═══ Data extract ═══

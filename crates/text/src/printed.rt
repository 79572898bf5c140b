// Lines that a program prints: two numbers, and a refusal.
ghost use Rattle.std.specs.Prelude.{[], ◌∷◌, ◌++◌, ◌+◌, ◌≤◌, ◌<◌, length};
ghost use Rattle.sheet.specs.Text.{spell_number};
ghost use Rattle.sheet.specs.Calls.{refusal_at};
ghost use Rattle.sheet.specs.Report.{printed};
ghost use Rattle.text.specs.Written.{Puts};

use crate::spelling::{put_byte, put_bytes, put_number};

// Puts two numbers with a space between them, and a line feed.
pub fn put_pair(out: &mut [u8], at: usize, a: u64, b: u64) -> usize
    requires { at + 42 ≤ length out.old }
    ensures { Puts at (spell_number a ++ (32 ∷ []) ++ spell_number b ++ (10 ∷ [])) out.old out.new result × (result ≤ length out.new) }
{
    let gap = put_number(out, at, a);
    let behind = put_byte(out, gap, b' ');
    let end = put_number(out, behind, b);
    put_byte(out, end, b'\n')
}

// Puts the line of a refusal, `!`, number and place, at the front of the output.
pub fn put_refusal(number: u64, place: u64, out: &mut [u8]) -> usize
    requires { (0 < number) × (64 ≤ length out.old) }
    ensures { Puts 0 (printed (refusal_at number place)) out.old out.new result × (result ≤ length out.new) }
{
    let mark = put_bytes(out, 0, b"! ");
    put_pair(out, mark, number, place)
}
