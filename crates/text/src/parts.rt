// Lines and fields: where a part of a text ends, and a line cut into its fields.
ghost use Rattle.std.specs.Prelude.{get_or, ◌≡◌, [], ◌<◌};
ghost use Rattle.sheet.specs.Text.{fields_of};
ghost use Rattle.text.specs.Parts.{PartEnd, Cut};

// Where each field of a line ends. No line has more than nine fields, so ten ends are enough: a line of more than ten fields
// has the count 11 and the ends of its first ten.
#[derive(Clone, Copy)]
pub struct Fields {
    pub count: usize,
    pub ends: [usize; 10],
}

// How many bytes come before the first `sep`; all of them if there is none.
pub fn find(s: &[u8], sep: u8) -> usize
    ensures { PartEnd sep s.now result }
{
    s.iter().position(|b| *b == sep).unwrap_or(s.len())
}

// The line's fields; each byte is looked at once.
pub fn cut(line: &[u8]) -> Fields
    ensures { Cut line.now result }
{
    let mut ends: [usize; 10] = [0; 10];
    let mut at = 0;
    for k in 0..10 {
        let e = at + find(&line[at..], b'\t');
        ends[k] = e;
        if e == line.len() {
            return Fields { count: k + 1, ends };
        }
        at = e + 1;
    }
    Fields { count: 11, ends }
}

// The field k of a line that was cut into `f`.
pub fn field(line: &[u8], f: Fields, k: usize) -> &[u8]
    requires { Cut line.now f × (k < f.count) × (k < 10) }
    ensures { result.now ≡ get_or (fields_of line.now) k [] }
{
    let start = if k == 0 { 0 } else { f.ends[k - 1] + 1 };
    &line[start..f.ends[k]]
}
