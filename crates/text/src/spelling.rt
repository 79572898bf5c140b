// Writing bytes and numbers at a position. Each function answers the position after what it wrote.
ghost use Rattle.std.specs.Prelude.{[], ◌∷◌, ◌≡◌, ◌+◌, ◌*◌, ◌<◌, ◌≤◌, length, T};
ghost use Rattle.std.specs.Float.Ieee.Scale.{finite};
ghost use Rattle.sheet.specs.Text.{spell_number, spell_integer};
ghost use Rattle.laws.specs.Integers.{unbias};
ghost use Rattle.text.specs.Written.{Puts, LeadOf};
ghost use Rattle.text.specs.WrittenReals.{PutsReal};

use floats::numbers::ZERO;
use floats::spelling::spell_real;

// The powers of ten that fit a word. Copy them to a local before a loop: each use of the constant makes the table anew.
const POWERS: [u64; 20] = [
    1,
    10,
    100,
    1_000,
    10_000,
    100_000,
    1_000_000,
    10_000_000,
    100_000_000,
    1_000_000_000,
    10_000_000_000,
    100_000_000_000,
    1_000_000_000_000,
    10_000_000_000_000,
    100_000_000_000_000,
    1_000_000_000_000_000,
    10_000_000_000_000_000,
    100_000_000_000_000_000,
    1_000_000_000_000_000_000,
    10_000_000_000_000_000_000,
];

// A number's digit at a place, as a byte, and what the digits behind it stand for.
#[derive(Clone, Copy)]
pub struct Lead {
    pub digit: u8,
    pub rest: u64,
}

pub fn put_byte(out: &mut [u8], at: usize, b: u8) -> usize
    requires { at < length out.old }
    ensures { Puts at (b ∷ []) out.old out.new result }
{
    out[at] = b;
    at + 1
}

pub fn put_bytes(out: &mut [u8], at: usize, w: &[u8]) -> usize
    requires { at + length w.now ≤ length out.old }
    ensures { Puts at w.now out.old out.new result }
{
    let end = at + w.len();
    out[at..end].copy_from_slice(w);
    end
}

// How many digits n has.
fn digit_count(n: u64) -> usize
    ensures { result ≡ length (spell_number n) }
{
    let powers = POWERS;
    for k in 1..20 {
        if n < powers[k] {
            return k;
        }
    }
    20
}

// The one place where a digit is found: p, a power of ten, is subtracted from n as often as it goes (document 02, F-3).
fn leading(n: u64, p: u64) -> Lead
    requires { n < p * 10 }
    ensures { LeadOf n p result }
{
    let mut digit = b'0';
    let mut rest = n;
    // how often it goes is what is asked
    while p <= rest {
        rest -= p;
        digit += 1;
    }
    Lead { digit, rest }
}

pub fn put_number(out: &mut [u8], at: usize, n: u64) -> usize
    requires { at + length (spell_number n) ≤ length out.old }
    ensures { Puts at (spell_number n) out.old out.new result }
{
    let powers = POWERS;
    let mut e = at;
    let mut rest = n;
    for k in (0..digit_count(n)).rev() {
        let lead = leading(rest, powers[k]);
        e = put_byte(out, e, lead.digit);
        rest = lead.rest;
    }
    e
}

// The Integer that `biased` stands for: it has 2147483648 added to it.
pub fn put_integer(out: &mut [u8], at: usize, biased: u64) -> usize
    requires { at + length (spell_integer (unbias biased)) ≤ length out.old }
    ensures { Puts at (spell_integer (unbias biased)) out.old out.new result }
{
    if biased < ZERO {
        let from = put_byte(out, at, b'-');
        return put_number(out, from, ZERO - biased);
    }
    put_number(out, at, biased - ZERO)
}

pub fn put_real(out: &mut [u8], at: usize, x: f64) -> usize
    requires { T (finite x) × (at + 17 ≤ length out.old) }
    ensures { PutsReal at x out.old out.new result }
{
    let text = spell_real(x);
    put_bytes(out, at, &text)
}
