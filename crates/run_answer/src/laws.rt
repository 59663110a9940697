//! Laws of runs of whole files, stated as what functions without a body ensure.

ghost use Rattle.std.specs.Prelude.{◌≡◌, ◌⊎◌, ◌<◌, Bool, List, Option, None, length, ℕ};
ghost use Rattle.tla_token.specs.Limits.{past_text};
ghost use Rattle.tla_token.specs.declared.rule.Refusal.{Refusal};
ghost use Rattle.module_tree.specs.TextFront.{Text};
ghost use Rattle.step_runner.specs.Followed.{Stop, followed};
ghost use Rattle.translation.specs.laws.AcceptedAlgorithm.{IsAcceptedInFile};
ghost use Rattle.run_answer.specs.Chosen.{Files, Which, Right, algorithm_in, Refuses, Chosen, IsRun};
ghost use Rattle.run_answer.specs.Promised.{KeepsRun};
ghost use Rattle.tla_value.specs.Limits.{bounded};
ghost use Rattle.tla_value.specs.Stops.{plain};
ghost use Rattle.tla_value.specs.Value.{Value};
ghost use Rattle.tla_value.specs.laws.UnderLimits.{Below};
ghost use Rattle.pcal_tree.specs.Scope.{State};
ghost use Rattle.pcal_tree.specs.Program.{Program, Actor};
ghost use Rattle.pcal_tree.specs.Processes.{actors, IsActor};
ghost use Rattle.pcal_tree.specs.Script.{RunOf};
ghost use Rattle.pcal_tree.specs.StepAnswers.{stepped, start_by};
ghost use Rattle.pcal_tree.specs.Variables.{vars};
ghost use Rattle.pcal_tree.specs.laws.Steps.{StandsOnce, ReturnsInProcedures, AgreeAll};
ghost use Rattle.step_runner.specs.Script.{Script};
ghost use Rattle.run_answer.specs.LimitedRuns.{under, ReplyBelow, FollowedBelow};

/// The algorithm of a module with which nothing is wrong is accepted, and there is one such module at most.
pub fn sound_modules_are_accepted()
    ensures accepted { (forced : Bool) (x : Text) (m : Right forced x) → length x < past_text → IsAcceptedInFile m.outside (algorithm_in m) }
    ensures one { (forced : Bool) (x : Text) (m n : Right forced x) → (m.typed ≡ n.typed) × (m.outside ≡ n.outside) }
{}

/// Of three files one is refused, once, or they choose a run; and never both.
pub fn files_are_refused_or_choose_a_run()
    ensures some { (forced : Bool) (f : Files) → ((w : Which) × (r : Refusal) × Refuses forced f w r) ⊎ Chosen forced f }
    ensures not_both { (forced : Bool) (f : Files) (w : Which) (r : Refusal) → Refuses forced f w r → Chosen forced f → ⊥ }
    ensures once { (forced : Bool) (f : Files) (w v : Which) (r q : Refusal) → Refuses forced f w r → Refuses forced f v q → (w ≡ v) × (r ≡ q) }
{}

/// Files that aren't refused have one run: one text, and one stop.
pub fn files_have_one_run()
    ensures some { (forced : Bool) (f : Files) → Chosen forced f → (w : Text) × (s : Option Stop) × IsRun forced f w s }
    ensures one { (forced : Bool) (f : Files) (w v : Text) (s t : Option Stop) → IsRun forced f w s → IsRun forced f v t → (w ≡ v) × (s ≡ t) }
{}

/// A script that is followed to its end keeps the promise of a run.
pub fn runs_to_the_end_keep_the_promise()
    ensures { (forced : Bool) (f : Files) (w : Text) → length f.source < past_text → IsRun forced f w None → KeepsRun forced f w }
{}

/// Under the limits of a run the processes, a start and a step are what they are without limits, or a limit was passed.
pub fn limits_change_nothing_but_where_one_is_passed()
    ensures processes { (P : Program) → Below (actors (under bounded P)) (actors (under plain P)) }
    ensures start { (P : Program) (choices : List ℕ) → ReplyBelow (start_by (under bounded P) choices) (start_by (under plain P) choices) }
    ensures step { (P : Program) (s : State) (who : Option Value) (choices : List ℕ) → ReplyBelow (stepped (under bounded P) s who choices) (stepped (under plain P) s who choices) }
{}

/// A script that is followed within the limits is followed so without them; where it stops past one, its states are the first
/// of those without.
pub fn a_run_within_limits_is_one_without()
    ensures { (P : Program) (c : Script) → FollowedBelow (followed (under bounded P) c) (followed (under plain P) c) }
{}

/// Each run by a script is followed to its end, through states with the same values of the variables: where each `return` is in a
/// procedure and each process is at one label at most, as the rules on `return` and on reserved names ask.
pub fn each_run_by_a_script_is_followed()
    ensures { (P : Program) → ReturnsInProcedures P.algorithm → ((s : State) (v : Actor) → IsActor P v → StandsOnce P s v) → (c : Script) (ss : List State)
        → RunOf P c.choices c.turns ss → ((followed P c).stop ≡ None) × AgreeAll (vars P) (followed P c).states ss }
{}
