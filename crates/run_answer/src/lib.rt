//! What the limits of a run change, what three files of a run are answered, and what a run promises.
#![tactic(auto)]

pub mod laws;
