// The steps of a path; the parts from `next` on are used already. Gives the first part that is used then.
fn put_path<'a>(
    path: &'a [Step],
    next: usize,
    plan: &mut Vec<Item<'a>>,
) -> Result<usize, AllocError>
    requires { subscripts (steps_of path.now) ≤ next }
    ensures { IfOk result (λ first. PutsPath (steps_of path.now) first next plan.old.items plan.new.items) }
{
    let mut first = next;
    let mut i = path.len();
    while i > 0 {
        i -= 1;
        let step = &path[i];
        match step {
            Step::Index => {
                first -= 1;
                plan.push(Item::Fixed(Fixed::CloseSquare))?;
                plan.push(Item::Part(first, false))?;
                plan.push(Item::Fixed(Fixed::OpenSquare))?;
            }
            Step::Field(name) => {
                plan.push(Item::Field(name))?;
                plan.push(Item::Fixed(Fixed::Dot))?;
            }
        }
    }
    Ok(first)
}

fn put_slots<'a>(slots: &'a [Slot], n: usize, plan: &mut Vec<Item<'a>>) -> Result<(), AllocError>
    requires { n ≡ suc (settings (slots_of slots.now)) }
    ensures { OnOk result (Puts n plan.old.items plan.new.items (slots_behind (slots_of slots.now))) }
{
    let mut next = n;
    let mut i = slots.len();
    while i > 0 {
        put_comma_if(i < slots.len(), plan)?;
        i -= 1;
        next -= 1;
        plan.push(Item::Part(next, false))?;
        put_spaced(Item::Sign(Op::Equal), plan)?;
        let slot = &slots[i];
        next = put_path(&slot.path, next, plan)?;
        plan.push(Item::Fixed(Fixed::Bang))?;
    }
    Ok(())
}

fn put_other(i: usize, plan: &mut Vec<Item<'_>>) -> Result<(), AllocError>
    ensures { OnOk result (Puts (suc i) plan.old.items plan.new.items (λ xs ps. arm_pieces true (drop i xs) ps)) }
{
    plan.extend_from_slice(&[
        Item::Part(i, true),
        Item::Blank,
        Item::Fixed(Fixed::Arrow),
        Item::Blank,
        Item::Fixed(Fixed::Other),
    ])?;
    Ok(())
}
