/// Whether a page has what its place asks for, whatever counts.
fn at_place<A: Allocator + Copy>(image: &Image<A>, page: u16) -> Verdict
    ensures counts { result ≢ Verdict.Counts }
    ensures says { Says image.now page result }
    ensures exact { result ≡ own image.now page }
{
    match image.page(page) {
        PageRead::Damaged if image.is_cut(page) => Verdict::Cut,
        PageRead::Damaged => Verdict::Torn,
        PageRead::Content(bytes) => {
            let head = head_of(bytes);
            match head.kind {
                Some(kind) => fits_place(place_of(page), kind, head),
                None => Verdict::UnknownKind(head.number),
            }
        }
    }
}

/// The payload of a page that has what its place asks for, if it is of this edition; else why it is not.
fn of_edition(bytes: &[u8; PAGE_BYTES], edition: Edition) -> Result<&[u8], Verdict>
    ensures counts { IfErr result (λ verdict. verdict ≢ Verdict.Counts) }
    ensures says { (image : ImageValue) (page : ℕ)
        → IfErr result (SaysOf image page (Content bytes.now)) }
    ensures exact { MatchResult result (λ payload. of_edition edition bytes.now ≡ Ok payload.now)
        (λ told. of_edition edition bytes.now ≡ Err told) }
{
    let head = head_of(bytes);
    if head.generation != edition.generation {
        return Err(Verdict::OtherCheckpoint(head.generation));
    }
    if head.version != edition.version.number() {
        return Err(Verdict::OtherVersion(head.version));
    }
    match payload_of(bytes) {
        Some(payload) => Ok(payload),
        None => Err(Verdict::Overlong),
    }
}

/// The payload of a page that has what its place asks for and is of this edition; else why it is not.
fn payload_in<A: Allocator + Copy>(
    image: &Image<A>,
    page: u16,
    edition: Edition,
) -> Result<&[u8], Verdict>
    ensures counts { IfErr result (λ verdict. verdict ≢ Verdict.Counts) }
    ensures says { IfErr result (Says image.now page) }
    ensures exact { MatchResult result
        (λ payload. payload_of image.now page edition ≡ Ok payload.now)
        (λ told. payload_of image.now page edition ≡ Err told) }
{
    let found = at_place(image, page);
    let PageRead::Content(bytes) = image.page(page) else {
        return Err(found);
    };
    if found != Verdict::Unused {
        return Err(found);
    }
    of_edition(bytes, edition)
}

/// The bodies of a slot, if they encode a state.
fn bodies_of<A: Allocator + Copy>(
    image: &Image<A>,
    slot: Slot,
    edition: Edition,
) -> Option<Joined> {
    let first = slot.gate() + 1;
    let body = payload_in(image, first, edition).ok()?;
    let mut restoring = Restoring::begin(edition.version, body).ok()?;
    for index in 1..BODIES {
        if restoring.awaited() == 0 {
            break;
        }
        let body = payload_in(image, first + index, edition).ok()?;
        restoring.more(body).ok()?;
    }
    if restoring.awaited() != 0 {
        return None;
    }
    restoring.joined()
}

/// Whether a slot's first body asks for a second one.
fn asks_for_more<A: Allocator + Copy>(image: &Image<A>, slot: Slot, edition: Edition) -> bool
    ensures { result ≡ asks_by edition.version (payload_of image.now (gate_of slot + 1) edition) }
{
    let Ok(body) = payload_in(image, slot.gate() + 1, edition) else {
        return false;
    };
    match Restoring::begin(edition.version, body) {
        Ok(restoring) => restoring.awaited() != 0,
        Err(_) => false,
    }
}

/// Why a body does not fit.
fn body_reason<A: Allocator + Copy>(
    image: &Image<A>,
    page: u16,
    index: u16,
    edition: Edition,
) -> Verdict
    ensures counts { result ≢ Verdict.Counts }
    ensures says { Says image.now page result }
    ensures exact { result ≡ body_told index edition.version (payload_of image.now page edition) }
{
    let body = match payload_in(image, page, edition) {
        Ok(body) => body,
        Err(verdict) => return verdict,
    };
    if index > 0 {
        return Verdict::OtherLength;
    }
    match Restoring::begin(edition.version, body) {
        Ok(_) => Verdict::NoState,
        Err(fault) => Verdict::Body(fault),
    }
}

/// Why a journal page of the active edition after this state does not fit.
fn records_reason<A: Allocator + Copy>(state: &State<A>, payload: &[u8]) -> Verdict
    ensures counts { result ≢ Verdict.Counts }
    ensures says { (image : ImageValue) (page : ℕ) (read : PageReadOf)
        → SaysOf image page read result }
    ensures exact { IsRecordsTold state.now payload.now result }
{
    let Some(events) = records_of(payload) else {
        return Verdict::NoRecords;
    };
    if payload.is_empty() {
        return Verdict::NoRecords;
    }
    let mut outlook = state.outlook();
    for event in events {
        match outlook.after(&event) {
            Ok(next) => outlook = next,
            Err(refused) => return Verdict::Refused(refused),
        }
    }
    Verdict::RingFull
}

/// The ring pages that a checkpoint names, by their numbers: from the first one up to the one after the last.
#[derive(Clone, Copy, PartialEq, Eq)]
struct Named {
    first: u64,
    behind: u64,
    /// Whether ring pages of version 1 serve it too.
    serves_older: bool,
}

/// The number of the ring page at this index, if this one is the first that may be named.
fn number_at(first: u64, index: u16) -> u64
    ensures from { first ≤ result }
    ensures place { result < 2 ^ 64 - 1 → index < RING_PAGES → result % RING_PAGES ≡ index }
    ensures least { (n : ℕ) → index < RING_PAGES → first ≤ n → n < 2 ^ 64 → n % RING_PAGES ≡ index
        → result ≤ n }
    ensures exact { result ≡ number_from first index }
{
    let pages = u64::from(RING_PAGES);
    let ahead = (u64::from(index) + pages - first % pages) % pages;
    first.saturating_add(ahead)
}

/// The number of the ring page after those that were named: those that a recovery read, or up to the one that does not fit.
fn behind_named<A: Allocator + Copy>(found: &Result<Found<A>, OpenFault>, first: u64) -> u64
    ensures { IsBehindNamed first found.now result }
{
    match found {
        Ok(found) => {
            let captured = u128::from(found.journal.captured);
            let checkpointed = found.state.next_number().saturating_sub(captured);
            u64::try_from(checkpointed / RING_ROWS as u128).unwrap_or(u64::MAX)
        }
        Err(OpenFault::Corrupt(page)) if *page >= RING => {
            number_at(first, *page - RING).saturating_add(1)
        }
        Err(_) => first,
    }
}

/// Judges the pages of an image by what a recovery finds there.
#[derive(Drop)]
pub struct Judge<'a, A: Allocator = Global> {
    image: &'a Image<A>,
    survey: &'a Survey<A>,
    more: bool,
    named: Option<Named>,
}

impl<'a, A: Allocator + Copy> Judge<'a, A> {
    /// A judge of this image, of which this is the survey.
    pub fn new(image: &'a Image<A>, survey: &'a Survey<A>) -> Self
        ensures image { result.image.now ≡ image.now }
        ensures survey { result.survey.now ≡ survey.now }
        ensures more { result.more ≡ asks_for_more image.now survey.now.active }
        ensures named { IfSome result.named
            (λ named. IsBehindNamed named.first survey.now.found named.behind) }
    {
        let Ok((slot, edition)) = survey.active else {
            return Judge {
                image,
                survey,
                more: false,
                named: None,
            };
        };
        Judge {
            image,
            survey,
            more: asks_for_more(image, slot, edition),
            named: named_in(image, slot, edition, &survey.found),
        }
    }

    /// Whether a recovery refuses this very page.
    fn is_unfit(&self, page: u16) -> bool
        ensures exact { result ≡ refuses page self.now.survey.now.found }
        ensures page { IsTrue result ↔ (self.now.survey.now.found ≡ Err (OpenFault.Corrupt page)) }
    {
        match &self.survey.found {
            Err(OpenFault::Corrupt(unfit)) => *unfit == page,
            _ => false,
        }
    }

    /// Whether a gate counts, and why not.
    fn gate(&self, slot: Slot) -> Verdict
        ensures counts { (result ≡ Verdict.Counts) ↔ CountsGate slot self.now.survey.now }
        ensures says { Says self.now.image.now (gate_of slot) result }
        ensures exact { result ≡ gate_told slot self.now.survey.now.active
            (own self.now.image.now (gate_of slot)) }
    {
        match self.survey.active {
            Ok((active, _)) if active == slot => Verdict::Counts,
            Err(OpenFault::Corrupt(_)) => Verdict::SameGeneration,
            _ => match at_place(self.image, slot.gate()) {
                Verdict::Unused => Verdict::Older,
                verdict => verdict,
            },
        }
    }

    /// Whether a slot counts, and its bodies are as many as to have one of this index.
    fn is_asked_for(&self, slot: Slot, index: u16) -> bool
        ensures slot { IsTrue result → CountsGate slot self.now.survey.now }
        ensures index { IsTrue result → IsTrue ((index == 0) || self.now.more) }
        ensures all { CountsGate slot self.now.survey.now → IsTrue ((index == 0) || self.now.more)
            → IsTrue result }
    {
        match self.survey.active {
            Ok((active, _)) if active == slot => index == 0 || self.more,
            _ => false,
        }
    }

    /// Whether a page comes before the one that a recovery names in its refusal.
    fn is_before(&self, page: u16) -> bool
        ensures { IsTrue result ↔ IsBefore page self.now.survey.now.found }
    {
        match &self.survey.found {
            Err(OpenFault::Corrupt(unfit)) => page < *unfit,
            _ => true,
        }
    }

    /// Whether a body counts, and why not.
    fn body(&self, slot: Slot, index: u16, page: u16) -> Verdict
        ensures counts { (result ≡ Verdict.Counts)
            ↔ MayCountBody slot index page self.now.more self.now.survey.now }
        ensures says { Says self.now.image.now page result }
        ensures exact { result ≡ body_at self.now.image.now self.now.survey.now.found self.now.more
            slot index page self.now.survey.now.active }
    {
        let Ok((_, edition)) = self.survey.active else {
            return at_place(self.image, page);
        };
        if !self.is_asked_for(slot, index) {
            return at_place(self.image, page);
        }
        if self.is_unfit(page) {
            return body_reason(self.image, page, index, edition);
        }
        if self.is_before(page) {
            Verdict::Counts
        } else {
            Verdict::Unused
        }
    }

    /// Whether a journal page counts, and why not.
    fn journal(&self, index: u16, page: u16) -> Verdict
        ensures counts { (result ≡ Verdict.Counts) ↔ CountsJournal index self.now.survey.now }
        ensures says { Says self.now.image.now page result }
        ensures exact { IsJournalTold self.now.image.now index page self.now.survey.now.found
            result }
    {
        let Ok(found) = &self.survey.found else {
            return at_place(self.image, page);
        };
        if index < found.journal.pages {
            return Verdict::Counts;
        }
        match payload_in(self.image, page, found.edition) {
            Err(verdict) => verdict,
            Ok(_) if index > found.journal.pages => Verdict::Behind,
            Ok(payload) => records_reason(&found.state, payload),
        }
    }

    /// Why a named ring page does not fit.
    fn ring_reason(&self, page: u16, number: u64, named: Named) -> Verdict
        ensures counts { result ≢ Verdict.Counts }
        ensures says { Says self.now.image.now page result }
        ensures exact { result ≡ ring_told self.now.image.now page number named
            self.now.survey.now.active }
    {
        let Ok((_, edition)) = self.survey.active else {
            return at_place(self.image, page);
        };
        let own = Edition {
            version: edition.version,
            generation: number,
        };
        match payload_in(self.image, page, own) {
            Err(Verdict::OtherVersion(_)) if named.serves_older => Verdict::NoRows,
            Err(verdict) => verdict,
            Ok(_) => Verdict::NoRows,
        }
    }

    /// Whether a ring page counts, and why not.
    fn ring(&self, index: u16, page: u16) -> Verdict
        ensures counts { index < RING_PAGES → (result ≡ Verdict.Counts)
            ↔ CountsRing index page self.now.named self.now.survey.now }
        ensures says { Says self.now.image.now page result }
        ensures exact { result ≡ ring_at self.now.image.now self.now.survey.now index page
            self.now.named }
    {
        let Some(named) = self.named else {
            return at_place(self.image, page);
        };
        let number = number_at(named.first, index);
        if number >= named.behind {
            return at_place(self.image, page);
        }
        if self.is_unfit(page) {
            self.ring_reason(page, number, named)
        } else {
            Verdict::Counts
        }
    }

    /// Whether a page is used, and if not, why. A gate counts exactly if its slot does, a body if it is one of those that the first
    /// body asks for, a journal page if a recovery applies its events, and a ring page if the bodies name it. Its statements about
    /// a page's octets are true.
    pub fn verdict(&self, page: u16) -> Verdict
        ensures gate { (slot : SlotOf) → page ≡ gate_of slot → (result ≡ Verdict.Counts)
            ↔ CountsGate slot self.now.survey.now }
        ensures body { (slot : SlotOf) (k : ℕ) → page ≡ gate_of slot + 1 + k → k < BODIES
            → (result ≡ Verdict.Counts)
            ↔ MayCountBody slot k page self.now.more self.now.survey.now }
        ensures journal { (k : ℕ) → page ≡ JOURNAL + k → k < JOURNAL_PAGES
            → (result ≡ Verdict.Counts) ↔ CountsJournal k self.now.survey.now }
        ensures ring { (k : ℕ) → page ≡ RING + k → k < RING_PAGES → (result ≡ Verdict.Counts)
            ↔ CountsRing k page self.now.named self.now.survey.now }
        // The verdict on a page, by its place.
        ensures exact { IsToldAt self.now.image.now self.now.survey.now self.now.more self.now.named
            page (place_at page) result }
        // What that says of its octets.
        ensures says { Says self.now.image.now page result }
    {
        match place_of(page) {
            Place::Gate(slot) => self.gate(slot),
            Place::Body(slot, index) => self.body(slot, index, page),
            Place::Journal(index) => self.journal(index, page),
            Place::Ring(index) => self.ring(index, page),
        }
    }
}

═══

Transcribe, word for word, the data above from its first line through the line with "42 ≤ length", and include nothing else.

_Output_
filename crates/text/src/printed.rt
repository 79572898bf5c140b
// Lines that a program prints: two numbers, and a refusal.
ghost use Rattle.std.specs.Prelude.{[], ◌∷◌, ◌++◌, ◌+◌, ◌≤◌, ◌<◌, length};
ghost use Rattle.sheet.specs.Text.{spell_number};
ghost use Rattle.sheet.specs.Calls.{refusal_at};
ghost use Rattle.sheet.specs.Report.{printed};
ghost use Rattle.text.specs.Written.{Puts};

use crate::spelling::{put_byte, put_bytes, put_number};

// Puts two numbers with a space between them, and a line feed.
pub fn put_pair(out: &mut [u8], at: usize, a: u64, b: u64) -> usize
    requires { at + 42 ≤ length out.old }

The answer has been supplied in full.